WORK TASK -
Look through the data below, and copy each line that carries the word "ghost".

AVAILABLE RECORDS -
——————

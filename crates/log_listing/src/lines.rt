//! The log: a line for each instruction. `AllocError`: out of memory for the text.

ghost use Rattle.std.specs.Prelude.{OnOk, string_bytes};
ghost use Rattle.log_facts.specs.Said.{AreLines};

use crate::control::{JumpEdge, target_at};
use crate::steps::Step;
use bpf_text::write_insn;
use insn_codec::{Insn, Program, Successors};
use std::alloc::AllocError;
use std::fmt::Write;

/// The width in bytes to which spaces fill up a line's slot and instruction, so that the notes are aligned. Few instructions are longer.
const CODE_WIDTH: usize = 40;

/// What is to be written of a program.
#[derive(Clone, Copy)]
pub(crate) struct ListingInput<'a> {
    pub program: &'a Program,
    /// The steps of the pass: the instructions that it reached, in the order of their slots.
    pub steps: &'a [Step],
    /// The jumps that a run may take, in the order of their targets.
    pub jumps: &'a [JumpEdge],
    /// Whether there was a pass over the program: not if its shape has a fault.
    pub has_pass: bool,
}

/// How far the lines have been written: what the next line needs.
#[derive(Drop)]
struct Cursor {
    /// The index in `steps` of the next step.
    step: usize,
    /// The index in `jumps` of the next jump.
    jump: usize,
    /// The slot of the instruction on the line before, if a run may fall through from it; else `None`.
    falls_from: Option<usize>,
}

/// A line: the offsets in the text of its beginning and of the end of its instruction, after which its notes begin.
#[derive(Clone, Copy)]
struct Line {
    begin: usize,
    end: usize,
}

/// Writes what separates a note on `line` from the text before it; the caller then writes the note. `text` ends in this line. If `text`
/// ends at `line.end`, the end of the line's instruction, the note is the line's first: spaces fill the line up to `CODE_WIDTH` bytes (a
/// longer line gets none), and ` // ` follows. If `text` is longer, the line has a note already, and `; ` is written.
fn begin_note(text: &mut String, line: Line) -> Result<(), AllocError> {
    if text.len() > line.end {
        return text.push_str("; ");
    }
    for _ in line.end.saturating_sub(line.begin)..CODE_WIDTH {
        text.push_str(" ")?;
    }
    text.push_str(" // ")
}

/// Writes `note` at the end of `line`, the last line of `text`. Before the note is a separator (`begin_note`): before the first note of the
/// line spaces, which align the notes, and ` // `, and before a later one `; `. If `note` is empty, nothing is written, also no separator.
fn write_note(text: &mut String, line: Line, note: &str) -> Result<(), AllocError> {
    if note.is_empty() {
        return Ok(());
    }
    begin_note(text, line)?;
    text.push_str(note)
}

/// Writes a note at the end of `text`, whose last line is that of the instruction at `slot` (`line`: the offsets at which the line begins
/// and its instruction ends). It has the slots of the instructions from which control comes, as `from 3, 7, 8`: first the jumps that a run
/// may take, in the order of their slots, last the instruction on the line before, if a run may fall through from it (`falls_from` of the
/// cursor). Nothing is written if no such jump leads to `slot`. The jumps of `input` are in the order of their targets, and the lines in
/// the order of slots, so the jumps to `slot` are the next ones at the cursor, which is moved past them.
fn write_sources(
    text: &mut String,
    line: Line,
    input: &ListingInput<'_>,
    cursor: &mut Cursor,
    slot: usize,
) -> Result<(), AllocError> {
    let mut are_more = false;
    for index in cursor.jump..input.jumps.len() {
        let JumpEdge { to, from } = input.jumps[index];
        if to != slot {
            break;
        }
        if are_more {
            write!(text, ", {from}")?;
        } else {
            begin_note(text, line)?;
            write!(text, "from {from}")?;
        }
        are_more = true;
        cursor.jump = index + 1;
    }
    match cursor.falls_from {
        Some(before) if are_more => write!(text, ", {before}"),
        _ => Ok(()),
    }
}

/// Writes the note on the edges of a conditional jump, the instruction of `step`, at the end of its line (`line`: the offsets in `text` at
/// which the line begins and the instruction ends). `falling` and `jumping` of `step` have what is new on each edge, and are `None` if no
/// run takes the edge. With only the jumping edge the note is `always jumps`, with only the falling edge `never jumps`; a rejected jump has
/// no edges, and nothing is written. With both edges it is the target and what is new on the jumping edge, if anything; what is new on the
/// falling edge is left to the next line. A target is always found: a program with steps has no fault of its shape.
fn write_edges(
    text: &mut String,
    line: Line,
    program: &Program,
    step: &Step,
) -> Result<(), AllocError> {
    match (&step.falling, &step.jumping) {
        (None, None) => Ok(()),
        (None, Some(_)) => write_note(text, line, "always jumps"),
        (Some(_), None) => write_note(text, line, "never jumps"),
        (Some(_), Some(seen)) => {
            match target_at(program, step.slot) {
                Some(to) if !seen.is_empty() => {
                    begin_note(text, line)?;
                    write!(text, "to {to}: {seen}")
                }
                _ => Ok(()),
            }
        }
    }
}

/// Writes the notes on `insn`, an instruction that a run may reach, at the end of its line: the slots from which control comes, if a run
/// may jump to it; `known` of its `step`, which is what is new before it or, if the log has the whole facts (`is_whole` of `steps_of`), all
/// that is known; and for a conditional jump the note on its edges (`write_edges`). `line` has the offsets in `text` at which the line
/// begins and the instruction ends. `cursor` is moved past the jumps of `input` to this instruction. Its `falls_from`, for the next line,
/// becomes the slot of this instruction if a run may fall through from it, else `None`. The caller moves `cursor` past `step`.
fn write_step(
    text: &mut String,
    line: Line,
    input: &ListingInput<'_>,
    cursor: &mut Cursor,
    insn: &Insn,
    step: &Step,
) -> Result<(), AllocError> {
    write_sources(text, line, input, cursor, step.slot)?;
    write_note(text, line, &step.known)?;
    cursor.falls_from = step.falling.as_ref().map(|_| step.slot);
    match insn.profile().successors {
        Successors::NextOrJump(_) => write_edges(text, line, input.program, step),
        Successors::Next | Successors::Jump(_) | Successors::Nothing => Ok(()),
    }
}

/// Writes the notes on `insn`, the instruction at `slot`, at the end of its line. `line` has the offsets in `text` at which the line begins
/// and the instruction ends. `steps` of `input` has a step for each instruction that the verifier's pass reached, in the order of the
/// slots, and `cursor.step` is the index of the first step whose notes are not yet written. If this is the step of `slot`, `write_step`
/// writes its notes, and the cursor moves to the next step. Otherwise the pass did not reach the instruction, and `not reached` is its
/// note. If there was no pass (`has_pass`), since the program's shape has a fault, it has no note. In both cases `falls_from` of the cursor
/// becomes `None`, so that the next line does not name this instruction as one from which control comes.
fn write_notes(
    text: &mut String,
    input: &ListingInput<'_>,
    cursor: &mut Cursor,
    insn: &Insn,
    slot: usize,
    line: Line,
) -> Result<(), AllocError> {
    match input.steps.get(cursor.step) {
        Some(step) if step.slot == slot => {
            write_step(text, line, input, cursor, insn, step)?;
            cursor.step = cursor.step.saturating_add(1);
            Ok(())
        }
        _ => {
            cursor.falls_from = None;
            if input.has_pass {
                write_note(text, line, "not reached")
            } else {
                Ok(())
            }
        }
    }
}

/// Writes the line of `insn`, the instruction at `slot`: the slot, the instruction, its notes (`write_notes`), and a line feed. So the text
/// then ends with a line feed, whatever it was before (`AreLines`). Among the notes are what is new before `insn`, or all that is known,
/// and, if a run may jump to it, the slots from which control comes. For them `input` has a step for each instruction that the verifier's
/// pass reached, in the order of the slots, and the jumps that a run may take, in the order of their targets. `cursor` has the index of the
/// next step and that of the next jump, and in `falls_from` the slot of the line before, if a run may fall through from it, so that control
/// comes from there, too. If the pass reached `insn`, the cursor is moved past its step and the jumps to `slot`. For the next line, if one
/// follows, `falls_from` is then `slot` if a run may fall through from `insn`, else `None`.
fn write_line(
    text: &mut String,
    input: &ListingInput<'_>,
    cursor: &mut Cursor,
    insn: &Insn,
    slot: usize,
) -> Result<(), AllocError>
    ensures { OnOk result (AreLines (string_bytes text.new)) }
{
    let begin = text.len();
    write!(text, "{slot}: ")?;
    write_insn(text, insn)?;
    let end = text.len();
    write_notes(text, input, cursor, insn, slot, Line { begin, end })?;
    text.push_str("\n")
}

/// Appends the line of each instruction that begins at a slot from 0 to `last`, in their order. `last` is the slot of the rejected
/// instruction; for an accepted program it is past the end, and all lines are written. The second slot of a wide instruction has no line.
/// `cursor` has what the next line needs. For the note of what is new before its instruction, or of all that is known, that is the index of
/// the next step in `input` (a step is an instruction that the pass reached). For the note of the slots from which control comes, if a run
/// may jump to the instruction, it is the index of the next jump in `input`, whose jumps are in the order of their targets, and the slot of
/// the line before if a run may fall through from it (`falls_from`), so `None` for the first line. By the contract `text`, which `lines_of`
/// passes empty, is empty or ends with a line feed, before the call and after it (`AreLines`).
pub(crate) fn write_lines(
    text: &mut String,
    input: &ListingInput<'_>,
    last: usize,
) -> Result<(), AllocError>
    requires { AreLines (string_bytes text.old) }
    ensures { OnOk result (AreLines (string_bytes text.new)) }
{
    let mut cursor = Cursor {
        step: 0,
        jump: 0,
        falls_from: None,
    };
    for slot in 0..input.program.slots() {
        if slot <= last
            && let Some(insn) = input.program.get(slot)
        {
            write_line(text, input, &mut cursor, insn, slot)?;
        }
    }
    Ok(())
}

——————

TASK RESPONSE -
ghost use Rattle.std.specs.Prelude.{OnOk, string_bytes};
ghost use Rattle.log_facts.specs.Said.{AreLines};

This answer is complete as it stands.